The Gospel Truth

This article is from the archive of The New York Sun before the launch of its new website in 2022. The Sun has neither altered nor updated such articles but will seek to correct any errors, mis-categorizations or other problems introduced during transfer.

The New York Sun

It’s fascinating to watch the New York Times react to the decision of Guns & Ammo magazine to fire a columnist who’d endorsed regulating guns. The columnist, Richard Metcalf, had written a column asserting, that “all constitutional rights are regulated, always have been, and need to be.” Now he “has gone missing,” is the way the paper leads a long dispatch this morning under the headline “Banished for Questioning the Gospel of Guns.”

James Taranto has a column on it. The Times own dispatch, by Ravi Somaiya, runs to more than 1,300 words. It’s not the first piece the Times has transmitted on this story. It issued at least two items on Mr. Metcalf’s misery by its own columnist, Joseph Nocera, who is due for a Pulitzer on his campaign against guns. In one of them, Mr. Nocera reckons that Mr. Metcalf is the only person in the affair who “would could still hold his head up high.”

Mr. Nocera quotes Mr. Metcalf as writing in his own defense: “If a respected editor can be forced to resign and a controversial writer’s voice be shut down by a one-sided social-media and Internet outcry, virtually overnight, simply because they dared to open a discussion or ask questions about a politically sensitive issue…then I fear for the future of our industry, and for our Cause.”

This invites speculation as to what would happen were one of the Gray Lady’s own columnists to turn around and question the Gospel of the Times. What would happen were, say, Mr. Nocera himself to turn around and write that, after thinking about it all these years, he’s come to the conclusion that the Second Amendment ought to be enforced, even in New York City, where not even Mr. Nocera, a law-abiding, honest, sober, sane citizen can get a permit to carry a pistol?

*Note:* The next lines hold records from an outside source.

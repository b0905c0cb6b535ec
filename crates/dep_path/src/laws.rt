ghost use Rattle.dep_path.specs.Laws.{ChainsAreTheirEnds, ShortestAreChains, ShortestAreOfOneLength, EqualCellsAreOne};

/// What holds of chains: one begins with its first cell and leads by steps to its last; a shortest one is a chain, and
/// no list that is a chain with these ends has fewer cells; from a cell to itself it is the one cell.
pub fn chain_laws()
    ensures ends { ChainsAreTheirEnds }
    ensures shortest { ShortestAreChains }
    ensures length { ShortestAreOfOneLength }
    ensures equal { EqualCellsAreOne }
{}
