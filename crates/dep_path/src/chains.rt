ghost use Rattle.std.specs.Prelude.{◌↔◌, IfOk, IsTrue};
ghost use Rattle.graph_walk.specs.Graphs.{Step};
ghost use Rattle.dep_path.specs.Chains.{IsChain};

use crate::steps::shared_with;
use graph_walk::Graph;
use sheet_refs::{Cell, Memory, Range};
use std::alloc::Global;

/// Whether a list of cells is a chain: it isn't empty, and each next cell depends directly on the one before.
///
/// It refuses nothing but for want of memory, and asks the graph once for each cell but the first.
pub fn is_chain<G: Graph>(alloc: Global, graph: &G, cells: &[Cell]) -> Result<bool, Memory>
    ensures { IfOk result (λ is. IsTrue is ↔ IsChain (G.pairs graph.now) cells.now) }
{
    let Some((first, rest)) = cells.split_first() else {
        return Ok(false);
    };
    let mut before = *first;
    for cell in rest {
        if !depends_directly(alloc, graph, before, *cell)? {
            return Ok(false);
        }
        before = *cell;
    }
    Ok(true)
}

// Whether a cell depends directly on another.
fn depends_directly<G: Graph>(
    alloc: Global,
    graph: &G,
    on: Cell,
    cell: Cell,
) -> Result<bool, Memory>
    ensures { IfOk result (λ is. IsTrue is ↔ Step (G.pairs graph.now) on cell) }
{
    let mut precedents = Vec::new(alloc);
    graph.direct_precedents(Range::of(cell, cell), &mut precedents)?;
    Ok(shared_with(&Range::of(on, on), &precedents).is_some())
}
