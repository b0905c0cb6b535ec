//! Shortest chains of references: how one cell comes to depend on another.
//!
//! A chain is a list of cells in which each depends directly on the one before (`specs/Chains.antt`). `path` answers a
//! shortest one from a cell to another, or that there is none, exactly where the other isn't reached; `is_chain`
//! decides whether a list is one. `chain_laws` says the same of lists of cells alone.
//!
//! The way out goes by whole levels, each a list of ranges of the cells that are one step further; the way back by
//! direct precedents, a cell a level.
//!
//! It stands on `sheet_refs` and `graph_walk`, over every graph.
#![tactic(auto)]

mod chains;
mod laws;
mod outward;
mod paths;
mod steps;

pub use chains::is_chain;
pub use laws::chain_laws;
pub use paths::path;
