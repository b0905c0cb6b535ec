ghost use Rattle.std.specs.Prelude.{◌≡◌, [], map, reverse, IfOk, MatchOption};
ghost use Rattle.graph_walk.specs.Gathers.{Gathers};
ghost use Rattle.graph_walk.specs.Graphs.{Reach};
ghost use Rattle.dep_path.specs.Levels.{IsDirect, LeadOut, one_cell};

use graph_walk::{Graph, gather};
use sheet_refs::{Cell, Memory, Range, RectSet};
use std::alloc::Global;

/// The cells that are reached from a cell, by levels: those of each level need one step more than those of the one
/// before. The last level is the first with the other cell; None exactly where that isn't reached.
pub(crate) fn levels_between<G: Graph>(
    alloc: Global,
    graph: &G,
    from: Cell,
    to: Cell,
) -> Result<Option<Vec<Vec<Range>>>, Memory>
    ensures { IfOk result (λ found. MatchOption found
        (¬ Reach (G.pairs graph.now) (one_cell from) to)
        (λ levels. LeadOut (G.pairs graph.now) from to
        (reverse (map (λ level. level.items) levels.items)))) }
{
    let mut seen = RectSet::new(alloc);
    let mut levels = Vec::new(alloc);
    levels.push(first_level(alloc, &mut seen, from)?)?;
    while !seen.contains(to) {
        let next = next_level(alloc, graph, &mut seen, &levels[levels.len() - 1])?;
        if next.is_empty() {
            return Ok(None);
        }
        levels.push(next)?;
    }
    Ok(Some(levels))
}

// The level of the cell itself.
fn first_level(alloc: Global, seen: &mut RectSet, from: Cell) -> Result<Vec<Range>, Memory>
    requires { seen.old ≡ [] }
    ensures { IfOk result (λ level. Gathers [] seen.new [] level.items (λ cell. cell ≡ from)) }
{
    let mut level = Vec::new(alloc);
    gather(seen, &mut level, &[Range::of(from, from)])?;
    Ok(level)
}

// The cells that depend directly on those of a level, and weren't seen before. What one range of the level answers is
// joined before the next one is asked, so that only the answer of one is held, and not that of a whole level.
fn next_level<G: Graph>(
    alloc: Global,
    graph: &G,
    seen: &mut RectSet,
    level: &[Range],
) -> Result<Vec<Range>, Memory>
    ensures { IfOk result (λ next. Gathers seen.old seen.new [] next.items
        (IsDirect (G.pairs graph.now) level.now)) }
{
    let mut next = Vec::new(alloc);
    let mut found = Vec::new(alloc);
    for range in level {
        found.clear();
        graph.direct_dependents(*range, &mut found)?;
        gather(seen, &mut next, &found)?;
    }
    Ok(next)
}
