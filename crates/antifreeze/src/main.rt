//! The program: it makes the shelf of files and the two sinks over the standard streams, hands them with
//! its words, the runtime and a gate at which nothing happens to `run` of `sheet_cli`, and ends with the status
//! that `run` answers.
//!
//! What each status tells, what was written and what was noted, the contract of `run` says. Below stand
//! `sheet_cli`, `sheet_io`, through which all input and output goes, and `recalc_workers`, which has the gate.
#![tactic(auto)]

use recalc_workers::OpenGate;
use sheet_cli::{no_memory, run};
use sheet_io::{FileShelf, StreamSink};
use sheet_refs::Memory;
use std::process::ExitCode;
use std::{env, io};

fn main(rt: HostRuntime) -> ExitCode {
    let mut shelf = FileShelf::new(&rt);
    let mut out = StreamSink::new(rt.stdout());
    let mut notes = StreamSink::new(rt.stderr());
    let status = match command_words(&rt) {
        Ok(words) => run(
            &rt,
            rt.alloc(),
            &words,
            &mut shelf,
            &mut out,
            &mut notes,
            &OpenGate,
        ),
        Err(Memory) => no_memory(&mut notes),
    };
    ExitCode::from(status)
}

// The words after the program's name. Where one of them isn't text there are none, which is no command.
fn command_words(rt: &HostRuntime) -> Result<Vec<String>, Memory> {
    match env::args(rt) {
        Ok(args) => Ok(args.skip(1).collect(rt.alloc())?),
        Err(error) if error.kind() == io::ErrorKind::OutOfMemory => Err(Memory),
        Err(_) => Ok(Vec::new(rt.alloc())),
    }
}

What would happen were, say, Nicolas Kristof, who has campaigned against prostitution, to issue, under the headline “A New Look at the Oldest Profession,” a column endorsing prostitution? What would happen were, say, the Times conservative columnist, Ross Douthat, who tends to tread softly on the core social issues, to start a campaign for the Catholic teaching that sexual intercourse between men is immoral, abortion is murder, and same sex marriage is prohibited?

One can imagine that after someone fetched the smelling salts and got Mr. Sulzberger conscious again, the columnists would be out the door faster than you could say “liberal orthodoxy.” Let us just add that the Times would be completely within its rights to fire any such renegades. No one has a constitutional right to appear in the Times, nor to quarrel with the Times in its own columns. The right to decide what is printed in the press belongs to the owners of the press.

So why should anyone assert a right to campaign for the regulation of guns in Guns & Ammo? We always thought that Mr. Metcalf wrote a fine column in a fine magazine. It intrigued us when he endorsed the regulation of guns, though we didn’t agree with the column. Writing it didn’t strike us as courageous but rather, given the views of the paper that employed the writer, as a bit narcissistic.

The paper’s editor, James Bequette, seemed to understand this. He fired Mr. Metcalf and then resigned himself for having erred in running the column in the first place. Honorable. But the guts belong to InterMedia Outdoors, the publisher that stood not only by the Second Amendment but also by the First. It is the Amendment that protects the freedom of the owners of the press. That’s the gospel truth.